New York State High Court Rejects LIPA & National Grid Defense in Hurricane Sandy Litigation
On Tuesday, February 20, 2018, the New York State Court of Appeals ruled in a 6-0 judge opinion in Heeran v. Long Island Power Authority & National Grid, that the defendants are not immune from liability under the legal doctrine of governmental immunity. The defendants have been sued by over 150 home and business owners who lost their properties to fires in Breezy Point and Rockaway Beach when the power was kept on during Hurricane Sandy on October 29, 2012. The defendants themselves advised the court the case was worth $100 million in damages. In holding against the defendants, the high court upheld the Second Department, Appellate Division who in a 3-1 decision upheld Queens County, Supreme Court Justice Bernice Siegal’s decision in July of 2014 who ruled that the defendants were not free from liability under the governmental immunity defense doctrine of law.
The ruling clears the way for a jury trial to proceed in the coming months. According to court filings, discovery is complete and the case will be certified as ready for trial on March 9th. A trial date has not yet been assigned by the court.
The lawsuit alleges that approximately 150 homes were destroyed by massive infernos during Hurricane Sandy. However, plaintiffs’ attorney Keith Sullivan of Sullivan & Galleshaw, LLP, does not hold Mother Nature solely responsible for the losses. “If LIPA and National Grid acted responsibly in preparing for the storm my clients would be living in their homes with all of their life’s possessions and the communities would not have looked like war-zones after the storm passed through. Industry protocol and common sense called for de-energizing the electric system. However, LIPA and National Grid chose to keep the dangerous electric flowing into the beachfront communities during the worst storm this area has ever seen without any oversight or monitoring of the lethal electricity.”
The lawsuit alleges that while LIPA was entrusted with the power and authority to distribute the electricity, they passed that responsibility off to National Grid by paying them an annual base of $224 Million with various added incentive bonuses to operate and maintain the electrical transmissions.
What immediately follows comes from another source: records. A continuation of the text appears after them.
//! A domain name: labels up to the empty one, or up to a pointer to the rest of the name (RFC 1035, 4.1.4).
//!
//! Made by `./format` from formats/dns_name.fields: edit that file and make this one anew.
ghost use Rattle.bitstream_messages.specs.DnsName.{dns_name_decoder, dns_name_writes, dns_name_size, dns_name_bits, Fits, becomes_dns_name, labels_last, labels_body_octets_empty, dns_label_error, dns_label_here};
ghost use Rattle.bitstream_messages.specs.DnsLabel.{dns_label_writes};
ghost use Rattle.bitstream_messages.specs.declared.dns_name.DnsName.{DnsName};
ghost use Rattle.bitstream_messages.specs.declared.dns_name.DnsNameError.{DnsNameError};
ghost use Rattle.bitstream_messages.specs.declared.dns_name.DnsNameError.TheVariants.{Reader};
ghost use Rattle.std.specs.Prelude.{◌≡◌, ◌<◌, ◌≤◌, ◌*◌, ◌++◌, ◌⊎◌, ℕ, Bool, true, List, Ok, Err, length, IfOk, IsOk};
ghost use Rattle.std.specs.List.{flat_map};
ghost use Rattle.std.specs.declared.io.ErrorKind.TheVariants.{WriteZero};
ghost use Rattle.bitstream_io.specs.Callers.{Done, Error, Order, High, bits, write_sequence, OwnAnswer, WritesAll, AllAccepted, sequence_length, sure_answer, GrowsOwn, MayAllocate, OutOfMemory, Stream, result_map, same_error};
ghost use Rattle.bitstream_format.specs.UpToLast.{up_to_last_decoder};
ghost use Rattle.bitstream_io.specs.SliceMut.{HoldsFirst, written_bytes};

use crate::dns_label::{Body, DnsLabel, DnsLabelError};
use bitstream_io::{
    BE, BitRead, BitReader, BitWrite, Error, FromBitStreamUsing, SliceMut, ToBitStream, pack_into,
};
use std::alloc::{AllocFailed, Global};
use std::marker::Model;

/// A domain name: labels up to the empty one, or up to a pointer to the rest of the name (RFC 1035, 4.1.4).
///
/// ```text
///  0                   1                   2                   3
///  0 1 2 3 4 5 6 7 8 9 0 1 2 3 4 5 6 7 8 9 0 1 2 3 4 5 6 7 8 9 0 1
/// +-+-+-+-+-+-+-+-+-+-+-+-+-+-+-+-+-+-+-+-+-+-+-+-+-+-+-+-+-+-+-+-+
/// /              labels (DnsLabel up to the last one)             /
/// +-+-+-+-+-+-+-+-+-+-+-+-+-+-+-+-+-+-+-+-+-+-+-+-+-+-+-+-+-+-+-+-+
/// ```
#[derive(Debug, Drop)]
pub struct DnsName {
    /// The labels. The last one, and no other one, has `body == Pointer or empty body.octets`.
    pub labels: Vec<DnsLabel>,
}

impl Model for DnsName {
    ghost use Rattle.bitstream_messages.specs.DnsNameFields.{DnsNameFields};

    ghost Value = { DnsNameFields };

    ghost view = { λ value. record {
      labels = value.labels.items;
    } };
}

/// The errors of reading a `DnsName`.
#[derive(Debug, Drop, thiserror::Error)]
pub enum DnsNameError {
    /// An error of the reader.
    #[error("{0}")]
    Reader(Error),
    /// An error of a `DnsLabel` that is not the reader's.
    #[error("in a `DnsLabel`: {0}")]
    InDnsLabel(DnsLabelError),
}

impl From<Error> for DnsNameError {
    ghost from_gives = { becomes_dns_name };

    fn from(error: Error) -> DnsNameError {
        DnsNameError::Reader(error)
    }
}

impl From<DnsLabelError> for DnsNameError {
    ghost from_gives = { λ error own. own ≡ dns_label_error error };

    fn from(error: DnsLabelError) -> DnsNameError {
        match error {
            DnsLabelError::Reader(error) => DnsNameError::Reader(error),
            DnsLabelError::NoBody => DnsNameError::InDnsLabel(DnsLabelError::NoBody),
        }
    }
}

impl<T: Drop> From<AllocFailed<T>> for DnsNameError {
    ghost from_gives = { λ _ own. own ≡ Reader OutOfMemory };

    fn from(_refused: AllocFailed<T>) -> DnsNameError {
        DnsNameError::Reader(Error::OutOfMemory)
    }
}

/// Returns true for a case with a field `octets` that has no item.
fn labels_body_octets_empty(value: &Body) -> bool
    ensures { result ≡ labels_body_octets_empty value.now }
{
    match value {
        Body::Text(it) => it.octets.is_empty(),
        Body::Pointer(_) => false,
    }
}

/// Returns true for the last part of `labels`, which has `body == Pointer or empty body.octets`.
fn labels_last(item: &DnsLabel) -> bool
    ensures { result ≡ labels_last item.now }
{
    item.body.number() == 3 || labels_body_octets_empty(&item.body)
}

/// Reads `labels`, up to the last part. Stops after a part that is rejected, or whose allocation fails.
fn read_labels<R: BitRead>(reader: &mut R, alloc: Global) -> Result<Vec<DnsLabel>, DnsNameError>
    ensures { GrowsOwn R.source becomes_dns_name (up_to_last_decoder (dns_label_here R.source.order) labels_last)
        reader.old (result_map (λ found. found.items) result) reader.new }
{
    let mut found = Vec::new(alloc);
    for _ in 0..4294967296_u64 {
        let item = DnsLabel::read(reader, alloc)?;
        let last = labels_last(&item);
        found.push(item)?;
        if last {
            return Ok(found);
        }
    }
    reader.fail();
    Err(DnsNameError::Reader(Error::RunTooLong))
}

/// Writes the items of `labels`.
fn write_labels<W: BitWrite>(writer: &mut W, items: &[DnsLabel]) -> Result<(), Error>
    ensures { WritesAll W.sink (flat_map (dns_label_writes W.sink.order) items.now)
        writer.old result writer.new }
{
    for item in items {
        item.write(writer)?;
    }
    Ok(())
}

impl DnsName {
    /// The number of bits before each line of the description.
    pub const PLACES: [u64; 1] = [0];

    /// Reads the fields in order.
    ///
    /// # Errors
    ///
    /// `InDnsLabel`, after the rejected bits have been read.
    /// `Reader(OutOfMemory)` if an allocation for a list fails. The items before the failure
    /// have been read.
    /// Otherwise the reader's errors, after which it has failed.
    pub fn read<R: BitRead>(reader: &mut R, alloc: Global) -> Result<DnsName, DnsNameError>
        ensures { GrowsOwn R.source becomes_dns_name (dns_name_decoder R.source.order) reader.old result reader.new }
    {
        let labels = read_labels(reader, alloc)?;
        Ok(DnsName { labels })
    }

    /// Parses the value at the start of `packet`.
    ///
    /// # Errors
    ///
    /// `InDnsLabel` if bits are rejected.
    /// `Reader(EndOfInput)` if the bytes end before the fields do.
    /// `Reader(RunTooLong)` if the last part is not among the first 2^32.
    /// `Reader(OutOfMemory)` if the allocation for an item of a list fails.
    pub fn parse(packet: &[u8], alloc: Global) -> Result<DnsName, DnsNameError>
        ensures answer { (OwnAnswer becomes_dns_name (λ answer. answer)
            (sure_answer ((dns_name_decoder High).reads 0 (bits High packet.now))) result)
            ⊎ ((result ≡ Err (DnsNameError.Reader OutOfMemory))
            × MayAllocate (dns_name_decoder High) 0 (bits High packet.now)) }
        ensures back { (value : DnsName) (more : List Bool) → Fits value
            → bits High packet.now ≡ write_sequence (dns_name_writes High value) 0 ++ more
            → (result ≡ Ok value)
            ⊎ (result ≡ Err (DnsNameError.Reader OutOfMemory)) }
    {
        dns_name_round_trip();
        DnsName::read(&mut BitReader::<_, BE>::over(packet), alloc)
    }

    /// Writes the fields in order.
    ///
    /// # Errors
    ///
    /// `Checked` for a field that does not fit its bits. The fields before it have been written.
    /// Otherwise the sink's errors.
    pub fn write<W: BitWrite>(&self, writer: &mut W) -> Result<(), Error>
        ensures { WritesAll W.sink (dns_name_writes W.sink.order self.now) writer.old result writer.new }
    {
        write_labels(writer, &self.labels)?;
        Ok(())
    }

    /// Writes the fields to the first bytes of a buffer, and returns what was written. The other bytes
    /// stay as they were. Does not allocate.
    ///
    /// # Errors
    ///
    /// `Checked` for the first field that does not fit its bits, however long the buffer is.
    /// `Stream(WriteZero)` if all fields fit, and the buffer is too short for the bits.
    /// After an error, the first bytes of the buffer may have changed.
    pub fn pack_into<'a>(&self, buffer: &'a mut [u8]) -> Result<SliceMut<'a>, Error>
        ensures packed { IfOk result (λ packed. bits High (written_bytes packed) ≡ dns_name_bits self.now) }
        ensures first { IfOk result (HoldsFirst buffer.entry.ghost_name buffer.old) }
        ensures accepted { IsOk result → AllAccepted (dns_name_writes High self.now) 0 }
        ensures misfit { (error : Error) → sequence_length (dns_name_writes High self.now) 0 ≡ Err error
            → result ≡ Err error }
        ensures room { Fits self.now → dns_name_size High self.now ≤ 8 * length buffer.old
            → IsOk result }
        ensures short { Fits self.now → 8 * length buffer.old < dns_name_size High self.now
            → result ≡ Err (Stream WriteZero) }
    {
        pack_into::<BE, DnsName>(self, buffer)
    }
}

impl FromBitStreamUsing for DnsName {
    type Context = Global;

    type Error = DnsNameError;

    ghost grows = { true };

    ghost becomes = { becomes_dns_name };

    ghost reads = { λ o _. dns_name_decoder o };

    fn from_reader<R: BitRead>(reader: &mut R, alloc: Global) -> Result<DnsName, DnsNameError> {
        DnsName::read(reader, alloc)
    }
}

impl ToBitStream for DnsName {
    type Error = Error;

    ghost becomes = { same_error };

    ghost writes = { dns_name_writes };

    fn to_writer<W: BitWrite>(&self, writer: &mut W) -> Result<(), Error> {
        self.write(writer)
    }
}

/// A value that fits its bits is read back as it was written, in either order of bits, at any place.
/// The read takes only the bits that were written: `dns_name_size` is their number.
pub fn dns_name_round_trip()
    ensures back { (o : Order) (value : DnsName) (at from : ℕ) (more : List Bool) → Fits value
        → let written = write_sequence (dns_name_writes o value) at in
        (dns_name_decoder o).reads from (written ++ more) ≡ Done (length written) (Ok (Ok value)) }
    ensures size { (o : Order) (value : DnsName) (at : ℕ) → Fits value
        → length (write_sequence (dns_name_writes o value) at) ≡ dns_name_size o value }
{}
Attorney Anthony Gentile of Godosky & Gentile, PC, who also represents the plaintiffs stated “After five long years of technical and legal arguments raised by the defendants our clients will be able to present their case in court. There it will be heard that LIPA and National Grid abandoned the Rockaway Peninsula subjecting their customers to horrific fire and damages from the defendants own electric system”.
In ruling against the defendants, the court held “We reject defendants’ claim that the magnitude of the disaster, without reference to the circumstances and nature of the specific act or omission alleged – i.e., the failure to de-energize – renders LIPA’s conduct governmental as a matter of law. Inasmuch as defendants have failed to meet their burden to establish that plaintiffs’ amended complaints failed to state viable claims, we hold that the courts below properly denied LIPA’s motions to dismiss.”
Sullivan added, “Unquestionably, the court reached the right decision. This is a tremendous victory for our clients. Sadly, some of our clients are still not back in their homes and businesses are not yet opened, but the defendants chose to spend five years pushing this invalid defense while interest on the damages continues to accrue by law at 9% each year from the date of the loss.”
In a concurring opinion by Justice Fahey and Rivera that questioned allowing the defendants to raise the immunity defense on a summary judgment motion after discovery is completed, Justice Rivera wrote, “The majority essentially invites the parties to engage in further motion practice on defendants’ purported entitlement to immunity. In doing so, it encourages the parties to incur unwarranted litigation costs and needlessly expends judicial resources on an argument that has no possibility of success.”
The appeal was argued by appellate counsel, Brian Isaac of Pollack, Pollack, Isaac & DeCicco, LLP.